• [Aim of the task]: The answer must restate every record word for word.

========

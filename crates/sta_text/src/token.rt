//! Tokens with their places.

ghost use Rattle.std.specs.Prelude.{◌≡◌};
ghost use Rattle.sta_text.specs.Tokens.{tok_of, is_bad, is_unclosed};

use crate::bytes::begins;
use timing_defs::Sort;

/// A token: its slice of the source, the offsets of its first byte and of the one behind its last,
/// and its sort. A quoted string has its quotes in its text.
#[derive(Clone, Copy, Drop)]
pub struct Token<'a> {
    pub text: &'a [u8],
    pub start: usize,
    pub end: usize,
    pub sort: Sort,
}

fn is_bad(sort: Sort) -> bool
    ensures { result ≡ is_bad sort }
{
    match sort {
        Sort::Bad => true,
        _ => false,
    }
}

impl<'a> Token<'a> {
    /// Whether this is a string or a comment that the text does not close. Any other token of sort
    /// `Bad` is one byte that the style does not allow.
    pub fn is_unclosed(&self) -> bool
        ensures { result ≡ is_unclosed (tok_of self.now) }
    {
        is_bad(self.sort) && (1 < self.text.len() || begins(b'"', self.text))
    }
}
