//! Tokens of the texts that are read, and what all readers share: sets and maps of names, and the
//! choice of the least fault.
//!
//! A reader takes a `Cursor` of its style. Contracts see it as the list of the tokens that are
//! left, of `tokens_of style bytes`.
#![tactic(auto)]

mod bytes;
mod cursor;
mod faults;
mod names;
mod pieces;
mod places;
mod token;

pub use bytes::{begins, continues, line_end_len};
pub use cursor::{Cursor, tokens_in_order};
pub use faults::{Wrong, lesser};
pub use names::Names;
pub use places::Places;
pub use token::Token;
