//! The fault of a text: of all its faults the least.

ghost use Rattle.std.specs.Prelude.{◌≡◌, Some};
ghost use Rattle.sta_text.specs.Faults.{rank, is_before, lesser, told_fault};

use timing_defs::{Code, ReadFault};

/// A fault of a text, with the offset of the byte where it stands.
#[derive(Clone, Copy, Drop)]
pub struct Wrong {
    pub code: Code,
    pub at: usize,
}

/// The number of a code among those of its reader, as it is printed.
fn rank(code: Code) -> u8
    ensures { result ≡ rank code }
{
    match code {
        Code::LibertyUnbalanced
        | Code::VerilogBadToken
        | Code::SdcBadWord
        | Code::SpefBadHeader
        | Code::ScriptBadCommand
        | Code::JournalBadLine => 1,
        Code::LibertyBadToken
        | Code::VerilogLeftOut
        | Code::SdcUnknownCommand
        | Code::SpefUnknownName
        | Code::ScriptTooLong
        | Code::JournalBadNumber => 2,
        Code::LibertyEncoding
        | Code::VerilogUndeclared
        | Code::SdcLeftOut
        | Code::SpefLeftOut
        | Code::JournalVersion => 3,
        Code::LibertyBadUnit | Code::VerilogDoubleName | Code::SdcBadNumber | Code::SpefBadNumber =>
            4,
        Code::LibertyUnknownTemplate
        | Code::VerilogNoModule
        | Code::SdcUnknownClock
        | Code::SpefDoubleNet
        | Code::JournalOtherDerates => 5,
        Code::LibertyBadTable | Code::VerilogTooMany | Code::SdcTooManyClocks => 6,
        Code::LibertyDoubleName => 7,
        Code::LibertyIndexNotRising => 8,
        Code::LibertyOtherDelayModel => 9,
        Code::LibertyTooMany => 10,
    }
}

impl Wrong {
    /// Whether this fault stands at a lower place than the other, or at the same place with a lower
    /// code.
    pub fn is_before(&self, other: &Wrong) -> bool
        ensures { result ≡ is_before self.now other.now }
    {
        self.at < other.at || (self.at == other.at && rank(self.code) < rank(other.code))
    }

    /// The fault as a reader tells it.
    pub fn told(self) -> ReadFault
        ensures { result ≡ told_fault self }
    {
        ReadFault::At {
            code: self.code,
            offset: self.at as u64,
        }
    }
}

/// The lesser of two faults, the first of equal ones.
pub fn lesser(best: Option<Wrong>, next: Wrong) -> Option<Wrong>
    ensures { result ≡ lesser best next }
{
    match best {
        None => Some(next),
        Some(known) => {
            if next.is_before(&known) {
                Some(next)
            } else {
                Some(known)
            }
        }
    }
}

========

• [Answer space]:
filename crates/sta_text/src/token.rt
//! Tokens with their places.

ghost use Rattle.std.specs.Prelude.{◌≡◌};
ghost use Rattle.sta_text.specs.Tokens.{tok_of, is_bad, is_unclosed};

use crate::bytes::begins;
use timing_defs::Sort;

/// A token: its slice of the source, the offsets of its first byte and of the one behind its last,
/// and its sort. A quoted string has its quotes in its text.
#[derive(Clone, Copy, Drop)]
pub struct Token<'a> {
    pub text: &'a [u8],
    pub start: usize,
    pub end: usize,
    pub sort: Sort,
}

fn is_bad(sort: Sort) -> bool
    ensures { result ≡ is_bad sort }
{
    match sort {
        Sort::Bad => true,
        _ => false,
    }
}

impl<'a> Token<'a> {
    /// Whether this is a string or a comment that the text does not close. Any other token of sort
    /// `Bad` is one byte that the style does not allow.
    pub fn is_unclosed(&self) -> bool
        ensures { result ≡ is_unclosed (tok_of self.now) }
    {
        is_bad(self.sort) && (1 < self.text.len() || begins(b'"', self.text))
    }
}
//! Tokens of the texts that are read, and what all readers share: sets and maps of names, and the
//! choice of the least fault.
//!
//! A reader takes a `Cursor` of its style. Contracts see it as the list of the tokens that are
//! left, of `tokens_of style bytes`.
#![tactic(auto)]

mod bytes;
mod cursor;
mod faults;
mod names;
mod pieces;
mod places;
mod token;

pub use bytes::{begins, continues, line_end_len};
pub use cursor::{Cursor, tokens_in_order};
pub use faults::{Wrong, lesser};
pub use names::Names;
pub use places::Places;
pub use token::Token;
//! The fault of a text: of all its faults the least.

ghost use Rattle.std.specs.Prelude.{◌≡◌, Some};
ghost use Rattle.sta_text.specs.Faults.{rank, is_before, lesser, told_fault};

use timing_defs::{Code, ReadFault};

/// A fault of a text, with the offset of the byte where it stands.
#[derive(Clone, Copy, Drop)]
pub struct Wrong {
    pub code: Code,
    pub at: usize,
}

/// The number of a code among those of its reader, as it is printed.
fn rank(code: Code) -> u8
    ensures { result ≡ rank code }
{
    match code {
        Code::LibertyUnbalanced
        | Code::VerilogBadToken
        | Code::SdcBadWord
        | Code::SpefBadHeader
        | Code::ScriptBadCommand
        | Code::JournalBadLine => 1,
        Code::LibertyBadToken
        | Code::VerilogLeftOut
        | Code::SdcUnknownCommand
        | Code::SpefUnknownName
        | Code::ScriptTooLong
        | Code::JournalBadNumber => 2,
        Code::LibertyEncoding
        | Code::VerilogUndeclared
        | Code::SdcLeftOut
        | Code::SpefLeftOut
        | Code::JournalVersion => 3,
        Code::LibertyBadUnit | Code::VerilogDoubleName | Code::SdcBadNumber | Code::SpefBadNumber =>
            4,
        Code::LibertyUnknownTemplate
        | Code::VerilogNoModule
        | Code::SdcUnknownClock
        | Code::SpefDoubleNet
        | Code::JournalOtherDerates => 5,
        Code::LibertyBadTable | Code::VerilogTooMany | Code::SdcTooManyClocks => 6,
        Code::LibertyDoubleName => 7,
        Code::LibertyIndexNotRising => 8,
        Code::LibertyOtherDelayModel => 9,
        Code::LibertyTooMany => 10,
    }
}

impl Wrong {
    /// Whether this fault stands at a lower place than the other, or at the same place with a lower
    /// code.
    pub fn is_before(&self, other: &Wrong) -> bool
        ensures { result ≡ is_before self.now other.now }
    {
        self.at < other.at || (self.at == other.at && rank(self.code) < rank(other.code))
    }

    /// The fault as a reader tells it.
    pub fn told(self) -> ReadFault
        ensures { result ≡ told_fault self }
    {
        ReadFault::At {
            code: self.code,
            offset: self.at as u64,
        }
    }
}

/// The lesser of two faults, the first of equal ones.
pub fn lesser(best: Option<Wrong>, next: Wrong) -> Option<Wrong>
    ensures { result ≡ lesser best next }
{
    match best {
        None => Some(next),
        Some(known) => {
            if next.is_before(&known) {
                Some(next)
            } else {
                Some(known)
            }
        }
    }
}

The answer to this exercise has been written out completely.